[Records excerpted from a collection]
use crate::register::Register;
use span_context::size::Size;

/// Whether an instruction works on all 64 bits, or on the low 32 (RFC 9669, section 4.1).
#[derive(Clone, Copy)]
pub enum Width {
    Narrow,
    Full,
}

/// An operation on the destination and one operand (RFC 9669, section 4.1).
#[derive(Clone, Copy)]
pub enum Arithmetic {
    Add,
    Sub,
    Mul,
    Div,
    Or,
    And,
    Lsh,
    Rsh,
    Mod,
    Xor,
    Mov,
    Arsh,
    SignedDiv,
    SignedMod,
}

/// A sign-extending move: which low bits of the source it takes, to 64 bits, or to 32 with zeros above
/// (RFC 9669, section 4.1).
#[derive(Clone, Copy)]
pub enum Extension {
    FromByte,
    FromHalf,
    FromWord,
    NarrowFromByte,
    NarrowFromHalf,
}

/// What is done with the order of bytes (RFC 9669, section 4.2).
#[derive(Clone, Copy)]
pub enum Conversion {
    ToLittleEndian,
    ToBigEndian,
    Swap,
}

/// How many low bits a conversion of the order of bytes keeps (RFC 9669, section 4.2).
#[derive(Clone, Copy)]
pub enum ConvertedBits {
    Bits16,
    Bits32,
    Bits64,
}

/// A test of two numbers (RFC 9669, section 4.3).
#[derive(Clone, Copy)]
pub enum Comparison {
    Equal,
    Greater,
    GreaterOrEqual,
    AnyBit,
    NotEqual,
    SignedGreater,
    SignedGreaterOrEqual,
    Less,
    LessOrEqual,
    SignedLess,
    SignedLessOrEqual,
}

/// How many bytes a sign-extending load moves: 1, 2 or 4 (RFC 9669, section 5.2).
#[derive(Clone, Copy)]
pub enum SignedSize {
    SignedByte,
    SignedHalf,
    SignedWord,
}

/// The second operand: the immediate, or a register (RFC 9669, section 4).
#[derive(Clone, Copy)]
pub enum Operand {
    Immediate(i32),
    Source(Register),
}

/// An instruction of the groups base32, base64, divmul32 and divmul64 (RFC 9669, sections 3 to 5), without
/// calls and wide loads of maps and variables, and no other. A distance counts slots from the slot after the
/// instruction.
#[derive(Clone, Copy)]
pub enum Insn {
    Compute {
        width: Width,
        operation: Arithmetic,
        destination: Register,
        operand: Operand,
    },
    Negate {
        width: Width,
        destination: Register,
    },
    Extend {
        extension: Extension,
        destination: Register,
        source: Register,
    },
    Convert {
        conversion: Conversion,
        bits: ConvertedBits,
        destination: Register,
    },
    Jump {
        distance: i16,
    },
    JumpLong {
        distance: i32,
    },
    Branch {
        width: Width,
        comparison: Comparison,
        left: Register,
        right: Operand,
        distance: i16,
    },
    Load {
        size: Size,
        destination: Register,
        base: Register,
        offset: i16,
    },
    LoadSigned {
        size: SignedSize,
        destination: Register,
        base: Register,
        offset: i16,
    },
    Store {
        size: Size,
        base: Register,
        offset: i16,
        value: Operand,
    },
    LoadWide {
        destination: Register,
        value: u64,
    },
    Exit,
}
...
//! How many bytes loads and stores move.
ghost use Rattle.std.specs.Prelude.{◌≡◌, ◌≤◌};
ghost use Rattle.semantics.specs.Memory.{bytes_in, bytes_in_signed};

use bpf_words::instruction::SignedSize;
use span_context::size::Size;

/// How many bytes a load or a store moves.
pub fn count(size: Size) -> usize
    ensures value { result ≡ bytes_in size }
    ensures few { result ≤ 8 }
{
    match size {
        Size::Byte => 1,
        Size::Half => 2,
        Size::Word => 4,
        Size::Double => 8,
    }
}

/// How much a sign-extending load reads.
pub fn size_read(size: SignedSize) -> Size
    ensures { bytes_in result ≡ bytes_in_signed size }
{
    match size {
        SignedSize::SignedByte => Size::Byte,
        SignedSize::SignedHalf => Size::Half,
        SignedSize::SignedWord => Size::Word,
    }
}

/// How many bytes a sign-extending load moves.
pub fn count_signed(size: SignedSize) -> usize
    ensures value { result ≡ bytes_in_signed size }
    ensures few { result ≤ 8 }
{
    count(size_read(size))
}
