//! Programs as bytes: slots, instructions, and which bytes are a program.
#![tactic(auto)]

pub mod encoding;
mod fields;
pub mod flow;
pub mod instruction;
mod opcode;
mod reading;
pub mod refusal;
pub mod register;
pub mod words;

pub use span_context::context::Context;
==
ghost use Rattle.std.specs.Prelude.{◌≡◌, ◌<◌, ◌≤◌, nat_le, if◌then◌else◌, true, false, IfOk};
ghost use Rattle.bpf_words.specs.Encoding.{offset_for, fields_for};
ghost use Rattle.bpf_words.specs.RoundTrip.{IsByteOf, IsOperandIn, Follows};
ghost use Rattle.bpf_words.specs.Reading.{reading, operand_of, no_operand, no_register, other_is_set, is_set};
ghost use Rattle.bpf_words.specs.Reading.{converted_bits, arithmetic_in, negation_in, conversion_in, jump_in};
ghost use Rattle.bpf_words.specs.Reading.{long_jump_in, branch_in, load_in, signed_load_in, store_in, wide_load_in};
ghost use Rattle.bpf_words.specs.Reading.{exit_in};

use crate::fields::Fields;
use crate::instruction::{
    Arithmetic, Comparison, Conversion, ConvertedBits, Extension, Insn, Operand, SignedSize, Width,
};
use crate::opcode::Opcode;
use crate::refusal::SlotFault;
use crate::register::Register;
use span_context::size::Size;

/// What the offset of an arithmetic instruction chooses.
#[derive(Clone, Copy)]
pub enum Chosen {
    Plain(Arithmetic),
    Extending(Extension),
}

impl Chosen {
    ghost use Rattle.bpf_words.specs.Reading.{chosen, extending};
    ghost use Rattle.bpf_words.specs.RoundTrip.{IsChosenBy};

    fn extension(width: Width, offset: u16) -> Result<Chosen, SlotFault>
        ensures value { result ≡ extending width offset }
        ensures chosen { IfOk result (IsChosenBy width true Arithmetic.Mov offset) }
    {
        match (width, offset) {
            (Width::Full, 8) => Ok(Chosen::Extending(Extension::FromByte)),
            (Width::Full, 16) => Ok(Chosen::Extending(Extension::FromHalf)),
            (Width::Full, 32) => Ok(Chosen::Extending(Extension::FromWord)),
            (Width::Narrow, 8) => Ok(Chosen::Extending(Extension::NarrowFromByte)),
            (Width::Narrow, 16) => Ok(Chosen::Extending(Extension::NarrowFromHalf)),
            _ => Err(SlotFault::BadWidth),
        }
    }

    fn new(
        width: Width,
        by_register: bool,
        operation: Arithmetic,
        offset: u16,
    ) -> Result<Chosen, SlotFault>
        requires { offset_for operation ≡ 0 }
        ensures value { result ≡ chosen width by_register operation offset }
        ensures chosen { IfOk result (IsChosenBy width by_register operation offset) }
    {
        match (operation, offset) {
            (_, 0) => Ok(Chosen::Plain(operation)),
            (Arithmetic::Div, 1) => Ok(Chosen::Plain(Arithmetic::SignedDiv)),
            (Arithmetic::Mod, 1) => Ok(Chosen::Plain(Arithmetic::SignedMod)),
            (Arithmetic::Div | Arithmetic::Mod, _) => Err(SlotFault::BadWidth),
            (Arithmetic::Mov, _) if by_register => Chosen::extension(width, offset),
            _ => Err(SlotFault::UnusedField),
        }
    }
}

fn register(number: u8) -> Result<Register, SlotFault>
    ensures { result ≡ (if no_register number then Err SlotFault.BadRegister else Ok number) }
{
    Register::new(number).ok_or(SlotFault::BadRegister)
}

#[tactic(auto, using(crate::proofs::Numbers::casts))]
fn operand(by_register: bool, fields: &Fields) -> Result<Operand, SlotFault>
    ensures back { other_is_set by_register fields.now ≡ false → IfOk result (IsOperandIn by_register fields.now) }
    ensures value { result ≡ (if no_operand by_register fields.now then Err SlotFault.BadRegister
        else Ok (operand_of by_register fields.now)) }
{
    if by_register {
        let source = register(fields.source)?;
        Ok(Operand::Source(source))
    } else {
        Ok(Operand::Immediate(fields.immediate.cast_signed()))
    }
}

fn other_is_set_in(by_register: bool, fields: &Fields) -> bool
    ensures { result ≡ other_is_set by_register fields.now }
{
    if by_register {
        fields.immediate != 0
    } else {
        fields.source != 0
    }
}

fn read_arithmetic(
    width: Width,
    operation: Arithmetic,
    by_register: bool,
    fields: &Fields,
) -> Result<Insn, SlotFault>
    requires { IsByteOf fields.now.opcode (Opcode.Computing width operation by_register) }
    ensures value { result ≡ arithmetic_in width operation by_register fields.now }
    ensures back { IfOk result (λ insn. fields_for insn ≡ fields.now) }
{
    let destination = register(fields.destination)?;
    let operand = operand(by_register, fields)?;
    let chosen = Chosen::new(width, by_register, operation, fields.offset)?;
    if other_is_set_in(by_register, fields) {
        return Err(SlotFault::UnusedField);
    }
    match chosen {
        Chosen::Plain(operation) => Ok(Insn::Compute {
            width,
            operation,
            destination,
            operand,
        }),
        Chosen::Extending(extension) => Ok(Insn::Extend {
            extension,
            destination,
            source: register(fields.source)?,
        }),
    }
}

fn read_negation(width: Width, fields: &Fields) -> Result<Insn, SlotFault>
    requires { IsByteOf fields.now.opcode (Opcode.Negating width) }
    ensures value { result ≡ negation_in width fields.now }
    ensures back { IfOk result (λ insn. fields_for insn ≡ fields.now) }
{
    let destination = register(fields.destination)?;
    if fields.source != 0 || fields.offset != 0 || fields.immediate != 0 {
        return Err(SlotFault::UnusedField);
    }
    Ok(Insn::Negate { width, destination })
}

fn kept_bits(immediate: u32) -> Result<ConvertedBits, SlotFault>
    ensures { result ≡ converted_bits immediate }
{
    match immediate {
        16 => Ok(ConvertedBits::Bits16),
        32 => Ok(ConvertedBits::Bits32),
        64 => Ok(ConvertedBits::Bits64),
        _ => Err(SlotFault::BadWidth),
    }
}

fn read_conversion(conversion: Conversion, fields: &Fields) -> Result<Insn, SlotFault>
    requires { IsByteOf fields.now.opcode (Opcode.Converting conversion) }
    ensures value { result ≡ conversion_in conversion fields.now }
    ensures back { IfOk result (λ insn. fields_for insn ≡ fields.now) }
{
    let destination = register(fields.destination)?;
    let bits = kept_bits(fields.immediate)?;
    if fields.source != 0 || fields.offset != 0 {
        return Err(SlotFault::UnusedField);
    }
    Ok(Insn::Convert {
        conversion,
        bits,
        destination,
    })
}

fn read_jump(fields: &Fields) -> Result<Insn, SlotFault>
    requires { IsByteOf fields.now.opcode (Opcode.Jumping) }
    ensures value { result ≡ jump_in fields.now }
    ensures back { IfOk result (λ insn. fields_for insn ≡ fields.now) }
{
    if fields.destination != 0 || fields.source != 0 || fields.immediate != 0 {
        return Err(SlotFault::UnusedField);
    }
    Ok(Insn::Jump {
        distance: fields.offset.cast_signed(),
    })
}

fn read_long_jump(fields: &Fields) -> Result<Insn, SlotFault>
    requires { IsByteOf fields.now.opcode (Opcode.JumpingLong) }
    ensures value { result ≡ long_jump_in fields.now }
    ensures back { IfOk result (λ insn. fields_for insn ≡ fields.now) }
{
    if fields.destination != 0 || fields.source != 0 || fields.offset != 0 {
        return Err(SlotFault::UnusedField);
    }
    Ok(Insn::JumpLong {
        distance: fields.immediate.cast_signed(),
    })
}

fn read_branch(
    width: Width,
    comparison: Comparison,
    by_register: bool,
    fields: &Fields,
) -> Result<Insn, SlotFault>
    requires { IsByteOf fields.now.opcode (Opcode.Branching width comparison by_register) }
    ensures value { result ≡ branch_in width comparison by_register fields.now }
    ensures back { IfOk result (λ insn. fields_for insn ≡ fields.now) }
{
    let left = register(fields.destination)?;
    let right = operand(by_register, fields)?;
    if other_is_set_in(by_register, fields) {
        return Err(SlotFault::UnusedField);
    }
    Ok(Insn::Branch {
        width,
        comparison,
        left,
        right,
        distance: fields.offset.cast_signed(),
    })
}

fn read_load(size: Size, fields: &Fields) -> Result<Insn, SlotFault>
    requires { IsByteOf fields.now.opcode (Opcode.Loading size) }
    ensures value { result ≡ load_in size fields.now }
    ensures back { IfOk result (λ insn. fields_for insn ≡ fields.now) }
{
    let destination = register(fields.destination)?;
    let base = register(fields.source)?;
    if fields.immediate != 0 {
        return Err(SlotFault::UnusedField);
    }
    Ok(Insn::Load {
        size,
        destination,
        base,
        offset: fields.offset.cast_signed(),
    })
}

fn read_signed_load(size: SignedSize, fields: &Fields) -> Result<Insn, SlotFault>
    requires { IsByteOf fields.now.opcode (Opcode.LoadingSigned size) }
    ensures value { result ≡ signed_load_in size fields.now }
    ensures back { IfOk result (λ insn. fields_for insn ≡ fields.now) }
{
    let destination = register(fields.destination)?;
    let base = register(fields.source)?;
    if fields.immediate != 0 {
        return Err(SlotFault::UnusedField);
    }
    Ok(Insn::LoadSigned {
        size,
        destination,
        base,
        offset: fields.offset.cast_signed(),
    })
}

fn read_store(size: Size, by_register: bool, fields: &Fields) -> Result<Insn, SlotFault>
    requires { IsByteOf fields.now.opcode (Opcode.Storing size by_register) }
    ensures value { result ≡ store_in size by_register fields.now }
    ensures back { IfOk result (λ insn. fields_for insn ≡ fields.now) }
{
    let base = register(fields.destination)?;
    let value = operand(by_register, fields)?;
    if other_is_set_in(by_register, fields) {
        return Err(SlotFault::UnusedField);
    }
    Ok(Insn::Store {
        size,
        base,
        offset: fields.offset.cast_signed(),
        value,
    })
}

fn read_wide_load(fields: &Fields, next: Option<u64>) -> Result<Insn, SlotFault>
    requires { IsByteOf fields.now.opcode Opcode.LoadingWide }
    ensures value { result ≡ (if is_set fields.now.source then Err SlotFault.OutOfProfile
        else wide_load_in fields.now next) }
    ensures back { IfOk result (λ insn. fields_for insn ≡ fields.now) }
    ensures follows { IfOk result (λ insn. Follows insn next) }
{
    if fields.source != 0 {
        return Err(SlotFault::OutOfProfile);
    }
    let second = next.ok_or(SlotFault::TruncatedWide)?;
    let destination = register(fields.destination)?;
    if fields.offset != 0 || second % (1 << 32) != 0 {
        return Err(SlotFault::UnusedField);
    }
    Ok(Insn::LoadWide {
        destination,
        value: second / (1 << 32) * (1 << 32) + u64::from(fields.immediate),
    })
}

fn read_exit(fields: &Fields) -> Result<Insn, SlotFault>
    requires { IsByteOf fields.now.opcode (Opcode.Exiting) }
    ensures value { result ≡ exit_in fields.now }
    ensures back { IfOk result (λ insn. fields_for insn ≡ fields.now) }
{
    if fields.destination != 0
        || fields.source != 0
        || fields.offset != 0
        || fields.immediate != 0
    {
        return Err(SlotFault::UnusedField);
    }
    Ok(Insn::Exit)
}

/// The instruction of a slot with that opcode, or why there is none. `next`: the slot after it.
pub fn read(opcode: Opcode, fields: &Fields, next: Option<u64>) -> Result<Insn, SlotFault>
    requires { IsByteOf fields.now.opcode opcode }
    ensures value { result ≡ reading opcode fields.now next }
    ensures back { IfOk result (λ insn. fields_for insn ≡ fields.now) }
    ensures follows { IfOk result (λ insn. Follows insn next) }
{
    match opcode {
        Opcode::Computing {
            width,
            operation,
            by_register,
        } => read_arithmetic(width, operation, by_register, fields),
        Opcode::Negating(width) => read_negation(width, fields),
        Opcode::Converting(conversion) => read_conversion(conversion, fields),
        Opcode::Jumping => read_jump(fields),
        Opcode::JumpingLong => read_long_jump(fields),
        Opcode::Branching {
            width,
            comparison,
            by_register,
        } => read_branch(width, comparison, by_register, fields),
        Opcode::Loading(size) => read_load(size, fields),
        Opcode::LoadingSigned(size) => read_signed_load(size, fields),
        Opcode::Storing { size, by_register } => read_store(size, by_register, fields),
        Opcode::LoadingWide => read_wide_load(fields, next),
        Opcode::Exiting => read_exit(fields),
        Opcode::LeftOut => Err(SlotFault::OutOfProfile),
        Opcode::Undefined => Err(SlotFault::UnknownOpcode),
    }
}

__Task item__.
Filter the data above, keeping only lines that include the string "BadRegister".

__Solution for this task__.
    ensures { result ≡ (if no_register number then Err SlotFault.BadRegister else Ok number) }
    Register::new(number).ok_or(SlotFault::BadRegister)
    ensures value { result ≡ (if no_operand by_register fields.now then Err SlotFault.BadRegister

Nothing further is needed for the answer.